Photo Credit: Julia Greeley Home via Facebook
Photo Credit: Julia Greeley Home via Facebook

A former slave is being considered for sainthood by the Catholic Church, but first, she will receive the unique honor of being the first person to be entombed in a Denver cathedral. 

According to The Washington Post, Julia Greeley was known for her charity and her willingness to help those in poverty.

Born into slavery in Missouri, she lost an eye as a child when her master whipped her.  After the Civil War, she moved to Denver where she was known to many as "One-eyed Julia."  However, many knew her as an angel who worked tirelessly to help the poor.

She worked as a housekeeper for white families.  A devout Catholic, she used her position to raise money for church charity programs and also gave away a lot of her own earnings to help those in need. 

Giving to others was so much in her soul that at one point, she even gave away her own burial plot, as reported by the Post.

When calling on poor white families, she would save them from the embarrassment of taking charity from an old black woman waiting until late at night to visit when their neighbors would be asleep. 

When she died 100 years ago on June 8, 1918, she was loved by both black and white families alike. Some of those families purchased a new burial plot for her and her funeral attended by hundreds of people of all races was held at the Sacred Heart Catholic Church was covered by newspapers across the country. 

On Thursday, Greeley will be entombed at Denver's Cathedral Basilica of the Immaculate Conception.

Julia Greeley "will be the first person buried in Denver's cathedral," said Auxiliary Bishop Jorge H. Rodríguez, according to Denver Catholic. "Not a bishop, not a priest — a laywoman, a former slave. Isn't that something?"

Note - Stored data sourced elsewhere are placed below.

//! New cells of a document, in the place of its own or between them.

ghost use Rattle.std.specs.Prelude.{◌≡◌, ◌≤◌, ℕ, List, [], ◌∷◌, length, drop, IfOk, IfSome, IfNone};
ghost use Rattle.qe_store.specs.Cells.{AreRising};
ghost use Rattle.qe_protocol.specs.Documents.{put_cells};
ghost use Rattle.qe_store.specs.declared.stored.Cell as stored;
ghost use Rattle.qe_indexing.specs.Merge.{Rises, IsNextCell};

use qe_base::{Duplicate, NoMemory};
use qe_store::{Cell, StoredCells};
use std::alloc::Global;

/// The cell that comes first of two lists, and how many each of them loses by it.
#[derive(Clone, Copy)]
struct NextCell<'a> {
    cell: &'a (u32, Cell),
    old: usize,
    new: usize,
}

// The cells from a place on.
fn cells_from(cells: &[(u32, Cell)], place: usize) -> &[(u32, Cell)]
    requires place { place ≤ length cells.now }
    requires rising { AreRising cells.now }
    ensures cells { result.now ≡ drop place cells.now }
    ensures rising { AreRising result.now }
{
    &cells[place..]
}

// Which of an old and of a new cell comes first, whatever cells are behind them: a new one takes the place of an old one
// of its field.
fn first_of<'a>(old: &'a (u32, Cell), new: &'a (u32, Cell)) -> NextCell<'a>
    ensures { (olds news : List (ℕ × stored.Cell)) → Rises (old.now ∷ olds) → Rises (new.now ∷ news)
        → IsNextCell (old.now ∷ olds) (new.now ∷ news) result.cell.now result.old result.new }
{
    if old.0 < new.0 {
        return NextCell {
            cell: old,
            old: 1,
            new: 0,
        };
    }
    if old.0 == new.0 {
        return NextCell {
            cell: new,
            old: 1,
            new: 1,
        };
    }
    NextCell {
        cell: new,
        old: 0,
        new: 1,
    }
}

// The cell that comes first.
fn next_cell<'a>(old: &'a [(u32, Cell)], new: &'a [(u32, Cell)]) -> Option<NextCell<'a>>
    requires old { AreRising old.now }
    requires new { AreRising new.now }
    ensures some { IfSome result (λ next. IsNextCell old.now new.now next.cell.now next.old next.new) }
    ensures none { IfNone result (put_cells old.now new.now ≡ []) }
{
    let Some(put) = new.first() else {
        let cell = old.first()?;
        return Some(NextCell {
            cell,
            old: 1,
            new: 0,
        });
    };
    match old.first() {
        Some(cell) => Some(first_of(cell, put)),
        None => Some(NextCell {
            cell: put,
            old: 0,
            new: 1,
        }),
    }
}

/// The cells of a document, with new ones put among them.
pub fn put_cells(
    alloc: Global,
    cells: &StoredCells,
    set: &StoredCells,
) -> Result<StoredCells, NoMemory>
    ensures { IfOk result (λ all. all ≡ put_cells cells.now set.now) }
{
    merge(alloc, cells.slice(), set.slice())
}

fn merge(alloc: Global, cells: &[(u32, Cell)], set: &[(u32, Cell)]) -> Result<StoredCells, NoMemory>
    requires cells { AreRising cells.now }
    requires set { AreRising set.now }
    ensures { IfOk result (λ all. all ≡ put_cells cells.now set.now) }
{
    let mut all = StoredCells::new(alloc);
    let mut old = 0;
    let mut new = 0;
    while let Some(next) = next_cell(cells_from(cells, old), cells_from(set, new)) {
        all.push((next.cell.0, next.cell.1.copy()?))?;
        old += next.old;
        new += next.new;
    }
    Ok(all)
}
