//! The items of a value: each is searched for, gets the next position of its word, a row for compaction and a block.

ghost use Rattle.std.specs.Prelude.{◌≡◌, ◌*◌, ◌≤◌, ◌+◌, ◌%◌, ◌^◌, [], ◌∷◌, ◌++◌, length, drop, IfOk, OnOk};
ghost use Rattle.qe_protocol.specs.Indexing.{block_at};
ghost use Rattle.qe_indexing.specs.Plans.{index_in};
ghost use Rattle.qe_indexing.specs.Items.{ItemPlanned, ItemsPlanned};

use crate::plan::{Plan, Standing};
use qe_base::{Count, NoMemory};
use qe_ecoc::Entry;
use qe_esc::{Emu, Overlay, RowKey, RowKind, emu_of, plan_position};
use qe_indexed::{Block, Blocks, make_block};
use qe_payload::EdgeTokens;
use qe_tokens::{EdcContention, EscContention, ServerDerived, edc_twice};

/// The nonces from a place on.
pub(crate) fn nonces_from(nonces: &[[u8; 16]], place: usize) -> &[[u8; 16]]
    requires { place ≤ length nonces.now }
    ensures { result.now ≡ drop place nonces.now }
{
    &nonces[place..]
}

/// The number of an item's next position.
fn next_number(found: &Emu) -> u64
    ensures { result ≡ ((found.now.base + found.now.count) % 2 ^ 64 + 1) % 2 ^ 64 }
{
    found.base.wrapping_add(found.count).wrapping_add(1)
}

/// Plans an item of a field, under the contention factor of its value. The block takes the first two nonces.
fn index_item(
    standing: &Standing,
    field: u32,
    factor: u64,
    item: &EdgeTokens,
    nonces: &[[u8; 16]],
    plan: &mut Plan,
) -> Result<Block, NoMemory>
    requires { 2 ≤ length nonces.now }
    ensures { IfOk result (ItemPlanned (index_in standing.now) field factor item.now nonces.now plan.old plan.new) }
{
    let token = EscContention(item.s);
    let found = emu_of(
        &Overlay {
            rows: standing.esc,
            changes: &plan.changes,
        },
        &token,
    );
    let number = next_number(&found);
    let id = RowKey::new(&token).id(RowKind::Position, number);
    plan_position(standing.esc, &mut plan.changes, id)?;
    plan.entries.push(Entry {
        field,
        value: item.p,
    })?;
    plan.counts.push(Count {
        token: item.s,
        hop: found.hop,
        positions: found.count,
    })?;
    Ok(block_at(number, factor, item, nonces))
}

/// The block of an item of this number, which takes the first two nonces.
fn block_at(number: u64, factor: u64, item: &EdgeTokens, nonces: &[[u8; 16]]) -> Block
    requires { 2 ≤ length nonces.now }
    ensures { result ≡ block_at factor item.now number nonces.now }
{
    let edc = edc_twice(&EdcContention(item.d));
    let server = ServerDerived(item.l);
    Block(make_block(number, factor, &edc, &server, &[nonces[0], nonces[1]]))
}

/// Plans the items of a value, in their order. Each takes two nonces.
pub(crate) fn index_items(
    standing: &Standing,
    field: u32,
    factor: u64,
    items: &[EdgeTokens],
    nonces: &[[u8; 16]],
    plan: &mut Plan,
) -> Result<Blocks, NoMemory>
    requires { 2 * length items.now ≤ length nonces.now }
    ensures { IfOk result (ItemsPlanned (index_in standing.now) field factor items.now nonces.now (drop (2 * length items.now) nonces.now) plan.old plan.new) }
{
    let mut blocks = Blocks::new(standing.alloc);
    let mut place = 0;
    for item in items {
        let block = index_item(
            standing,
            field,
            factor,
            item,
            nonces_from(nonces, place),
            plan,
        )?;
        blocks.push(block)?;
        place += 2;
    }
    Ok(blocks)
}
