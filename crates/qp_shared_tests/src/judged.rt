//! What the judge says of a journal.

ghost use Rattle.qp_model.specs.Sound.{IsSound};
ghost use Rattle.qp_stim.specs.Rules.{StimuliFit};

use qp_check::{Verdict, check};
use qp_model::{Journal, Stimuli, System};
use std::alloc::Global;

/// The first definition that a journal breaks, 0 where it is lawful. None for want of memory.
pub(crate) fn broken(alloc: Global, sys: &System, stim: &Stimuli, journal: &Journal) -> Option<u8>
    requires sound { IsSound sys.now }
    requires fit { StimuliFit sys.now stim.now }
{
    match check(alloc, sys, stim, journal) {
        Ok(Verdict::Lawful) => Some(0),
        Ok(Verdict::Broken { definition, .. }) => Some(definition),
        Err(_) => None,
    }
}
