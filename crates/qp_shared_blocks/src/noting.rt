//! Room for records, the object for which they are added, and notes.

ghost use Rattle.std.specs.Prelude.{◌≡◌, ◌≤◌, OnOk, OnErr};
ghost use Rattle.qp_calls.specs.LaneView.{GrowsOf, Roomier, Sets};
ghost use Rattle.qp_calls.specs.Notes.{MayNote, spare_after, told_note};
ghost use Rattle.qp_calls.specs.Clauses.{Faults};
ghost use Rattle.qp_shared_lane.specs.Lane.{state_view};

use qp_calls::RoomFault;
use qp_model::{Rec, ceiling_after, is_spill};
use qp_shared_lane::{LaneState, put, put_spill};
use std::mem;

/// Makes spare for at least eight records. A refusal changes nothing: a lane with no room for eight more, or else want of memory.
#[inline(always)]
pub fn room(lane: &mut LaneState<'_>) -> Result<(), RoomFault>
    ensures ok { OnOk result (8 ≤ (state_view lane.new).spare) }
    ensures err { Faults (state_view lane.old) result }
    ensures refused { OnErr result (state_view lane.new ≡ state_view lane.old) }
    ensures stays { Roomier (state_view lane.old) (state_view lane.new) }
{
    let len = lane.log.recs.len();
    if len + 8 > 1_000_000 {
        return Err(RoomFault::LaneFull { len: len as u32 });
    }
    if lane.log.spare >= 8 {
        return Ok(());
    }
    let Ok(_more) = lane.log.make_room() else {
        return Err(RoomFault::Memory);
    };
    Ok(())
}

/// Sets the object for which records are added, 0 for none, and answers the former one.
pub fn by(lane: &mut LaneState<'_>, o: u8) -> u8
    ensures former { result ≡ (state_view lane.old).by }
    ensures set { Sets o (state_view lane.old) (state_view lane.new) }
{
    mem::replace(&mut lane.by, o)
}

/// Adds one record, of a note's kind, for the object that it states. Beside a `lock` stands the ceiling that it raises.
pub fn note(lane: &mut LaneState<'_>, r: Rec)
    requires { MayNote r (state_view lane.old) }
    ensures grows { GrowsOf r.of (told_note r (state_view lane.old)) (state_view lane.old) (state_view lane.new) }
    ensures spare { (state_view lane.new).spare ≡ spare_after r (state_view lane.old).spare }
{
    let former = lane.ceiling;
    lane.ceiling = ceiling_after(former, &r);
    let spills = is_spill(&r);
    if spills {
        put_spill(&mut lane.log, &mut lane.numbers, r);
    } else {
        put(&mut lane.log, &mut lane.numbers, r, former);
    }
}
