//! References: the first one to a block, another one, and one that is dropped.

ghost use Rattle.std.specs.Prelude.{◌<◌, IsFalse};
ghost use Rattle.qp_calls.specs.Clauses.{LetsGo, Makes, MakesMore, StandsFresh, StandsHold};
ghost use Rattle.qp_shared_lane.specs.Lane.{state_view};

use crate::steps::another;
use qp_calls::{Dec, Fresh, Hold};
use qp_model::Rec;
use qp_shared_lane::{LaneState, put};
use qp_shared_words::blocks::{drop_reference, first_reference};
use qp_table::UNIT;

/// Makes the first reference to a block.
pub fn first(lane: &mut LaneState<'_>, f: Fresh) -> Hold
    requires room { 0 < (state_view lane.old).spare }
    requires stands { StandsFresh f (state_view lane.old) }
    requires unused { IsFalse f.used }
    ensures { Makes f.pool f.block 1 (state_view lane.old) (state_view lane.new) result }
{
    let (pool, block) = (f.pool(), f.block());
    let found = first_reference(lane.words, &mut lane.seat, lane.by, pool, block);
    let rec = Rec::inc(lane.by, pool, block, found / UNIT);
    put(&mut lane.log, &mut lane.numbers, rec, 0);
    Hold::of(pool, block, found / UNIT)
}

/// Makes another reference to the block.
pub fn inc(lane: &mut LaneState<'_>, h: &Hold) -> Hold
    requires room { 0 < (state_view lane.old).spare }
    requires stands { StandsHold h.now (state_view lane.old) }
    ensures { MakesMore h.now (state_view lane.old) (state_view lane.new) result }
{
    let (pool, block, name) = (h.pool(), h.block(), h.name());
    let found = another(lane.words, &mut lane.seat, lane.by, pool, block, name);
    let rec = Rec::inc(lane.by, pool, block, found / UNIT);
    put(&mut lane.log, &mut lane.numbers, rec, 0);
    Hold::of(pool, block, found / UNIT)
}

/// Drops the reference. `Last` exactly where no other was left: then the lane remembers after how many operations the block's life
/// ended. Beside the record stands how many were left.
pub fn dec(lane: &mut LaneState<'_>, h: Hold) -> Dec
    requires room { 0 < (state_view lane.old).spare }
    requires stands { StandsHold h (state_view lane.old) }
    ensures { LetsGo h (state_view lane.old) (state_view lane.new) result }
{
    let (pool, block, name) = (h.pool(), h.block(), h.name());
    let found = drop_reference(lane.words, &mut lane.seat, lane.by, pool, block, name);
    let left = found % UNIT - 1;
    let rec = Rec::dec(lane.by, pool, block, found / UNIT, name);
    put(&mut lane.log, &mut lane.numbers, rec, left);
    if left == 0 {
        lane.ends.set(pool, block, found / UNIT + 1);
        Dec::Last(Fresh::of(pool, block, true))
    } else {
        Dec::Kept
    }
}
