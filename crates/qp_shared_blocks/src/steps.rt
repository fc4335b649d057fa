//! Steps on blocks that tell more than those of qp_shared_words: another reference, and that by which a used block comes back. Each is one
//! of its atomic operations.

ghost use Rattle.std.specs.Prelude.{◌≡◌, ◌<◌};
ghost use Rattle.qp_table.specs.Counting.{many};
ghost use Rattle.qp_table.specs.Rule.{is_ref, is_spot_at, table_words};
ghost use Rattle.qp_table.specs.After.{HasRoom};
ghost use Rattle.qp_table.specs.Told.{HasPlace};
ghost use Rattle.qp_shared_blocks.specs.Ends.{AnotherTold, ReturnTold};

use atomic_table::Seat;
use qp_shared_words::Words;
use qp_shared_words::blocks::bit_of;
use qp_shared_words::places::{block_at, pool_at};
use qp_shared_words::steps::{About, NOTHING, add};
use qp_table::{UNIT, View};
use std::marker::Brand;

/// Puts back a used block, whose life ended at `at` operations, and answers the pool's word as it was.
pub fn put_back(
    words: &Words,
    seat: &mut Seat<(), View>,
    by: u8,
    pool: u8,
    block: u8,
    at: u64,
) -> u64
    requires own { seat.old.table_id ≡ words.now.shared.table_id }
    requires wide { words.now.shared.table_id.words ≡ table_words }
    requires place { HasPlace pool block }
    requires room { HasRoom seat.old.me.0 }
    requires used { 0 < many (is_spot_at pool block at) seat.old.me.0.used }
    ensures same { (seat.new.table_id ≡ seat.old.table_id) × (seat.new.id ≡ seat.old.id) }
    ensures told { ReturnTold words.now.shared.key by pool block at seat.old.me.0 result seat.new.me.0 }
{
    let about = About {
        by,
        pool,
        block,
        old: at,
        ..NOTHING
    };
    add::<Brand>(words, seat, pool_at(pool), UNIT + bit_of(block), about)
}

/// Makes a reference beside the one in hand, and answers the block's word as it was.
pub(crate) fn another(
    words: &Words,
    seat: &mut Seat<(), View>,
    by: u8,
    pool: u8,
    block: u8,
    name: u64,
) -> u64
    requires own { seat.old.table_id ≡ words.now.shared.table_id }
    requires wide { words.now.shared.table_id.words ≡ table_words }
    requires place { HasPlace pool block }
    requires room { HasRoom seat.old.me.0 }
    requires hand { 0 < many (is_ref pool block name) seat.old.me.0.hands }
    ensures same { (seat.new.table_id ≡ seat.old.table_id) × (seat.new.id ≡ seat.old.id) }
    ensures told { AnotherTold words.now.shared.key by pool block seat.old.me.0 result seat.new.me.0 }
{
    let about = About {
        by,
        pool,
        block,
        name,
        ..NOTHING
    };
    add::<Brand>(words, seat, block_at(pool, block), 4294967297, about)
}
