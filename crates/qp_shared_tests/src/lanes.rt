//! Lanes of tables, made and sealed.

ghost use Rattle.std.specs.Prelude.{◌≡◌, [], ◌∷◌, IfSome};
ghost use Rattle.qp_shared.specs.Lane.{lane_view};
ghost use Rattle.qp_shared.specs.Starting.{AreFirst, IsRootOf, serves_all, serves_one};
ghost use Rattle.qp_shared_tests.specs.Lanes.{IsTableLane};

use qp_model::System;
use qp_shared::{Root, Sealed, Shared, SharedLane};
use std::alloc::Global;

/// The root becomes two lanes, of which the first serves all objects.
pub(crate) fn pair<'a>(
    shared: &'a Shared<'_>,
    root: Root,
) -> Option<(SharedLane<'a>, SharedLane<'a>)>
    requires { IsRootOf shared.now root }
    ensures { IfSome result (λ p. AreFirst shared.now 2 (serves_all shared.now.sys.now) (lane_view p.0 ∷ lane_view p.1 ∷ [])) }
{
    let Ok(mut lanes) = shared.lanes(root, 2) else {
        return None;
    };
    let Some(second) = lanes.pop() else {
        unreachable!()
    };
    let Some(first) = lanes.pop() else {
        unreachable!()
    };
    Some((first, second))
}

/// The three lanes of two objects under `port`, or those of one and a source.
pub(crate) fn triple<'a>(
    shared: &'a Shared<'_>,
    root: Root,
    sys: &System,
) -> Option<(SharedLane<'a>, SharedLane<'a>, SharedLane<'a>)>
    requires root { IsRootOf shared.now root }
    requires its { shared.now.sys.now ≡ sys.now }
    ensures { IfSome result (λ p. AreFirst shared.now 3 (serves_one shared.now.sys.now) (lane_view p.0 ∷ lane_view p.1 ∷ lane_view p.2 ∷ [])) }
{
    if sys.objects.items.len() > 2 {
        return None;
    }
    let Ok(mut lanes) = shared.port_lanes(root, 3) else {
        return None;
    };
    let Some(last) = lanes.pop() else {
        unreachable!()
    };
    let Some(second) = lanes.pop() else {
        unreachable!()
    };
    let Some(first) = lanes.pop() else {
        unreachable!()
    };
    Some((first, second, last))
}

/// Both lanes of a table end, in the order of their numbers.
pub(crate) fn seal_pair(
    alloc: Global,
    shared: &Shared<'_>,
    first: SharedLane<'_>,
    second: SharedLane<'_>,
    kernel: u8,
) -> Option<Sealed>
    requires first { IsTableLane shared.now 2 0 (lane_view first) }
    requires second { IsTableLane shared.now 2 1 (lane_view second) }
{
    let Ok(lanes) = Vec::from_array(alloc, [first, second]) else {
        return None;
    };
    shared.finish(lanes, kernel, 100_000).ok()
}

/// The three lanes of a table end, in another order than that of their numbers.
pub(crate) fn seal_triple(
    alloc: Global,
    shared: &Shared<'_>,
    first: SharedLane<'_>,
    second: SharedLane<'_>,
    last: SharedLane<'_>,
    kernel: u8,
) -> Option<Sealed>
    requires first { IsTableLane shared.now 3 0 (lane_view first) }
    requires second { IsTableLane shared.now 3 1 (lane_view second) }
    requires last { IsTableLane shared.now 3 2 (lane_view last) }
{
    let Ok(lanes) = Vec::from_array(alloc, [last, first, second]) else {
        return None;
    };
    shared.finish(lanes, kernel, 100_000).ok()
}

Back in 2016, the United States Conference of Catholic Bishops gave its approval for Greeley's canonization process. The Post reports she is one of six African-Americans and three former slaves under review for sainthood. 

"Every time I talk about her story I get heart palpitations because I get so excited about it," Mary Leisring, president of the Julia Greeley Guild, which seeks to spread awareness of Greeley's story told the Post.  

"Everybody's not going to be a Mother Teresa, but Julia can show everybody that you can be ordinary and become extraordinary, just by being selfless and giving," she said. "She didn't have a lot, but she gave what she could."

The road to sainthood is a long process within the Catholic Church, and although Greeley may never complete it, there are those who already think of her that way.

"We didn't start the Julia Greeley Guild thinking that she was going to become a saint," Leisring told the Post. "Because to most of us, she's already a saint."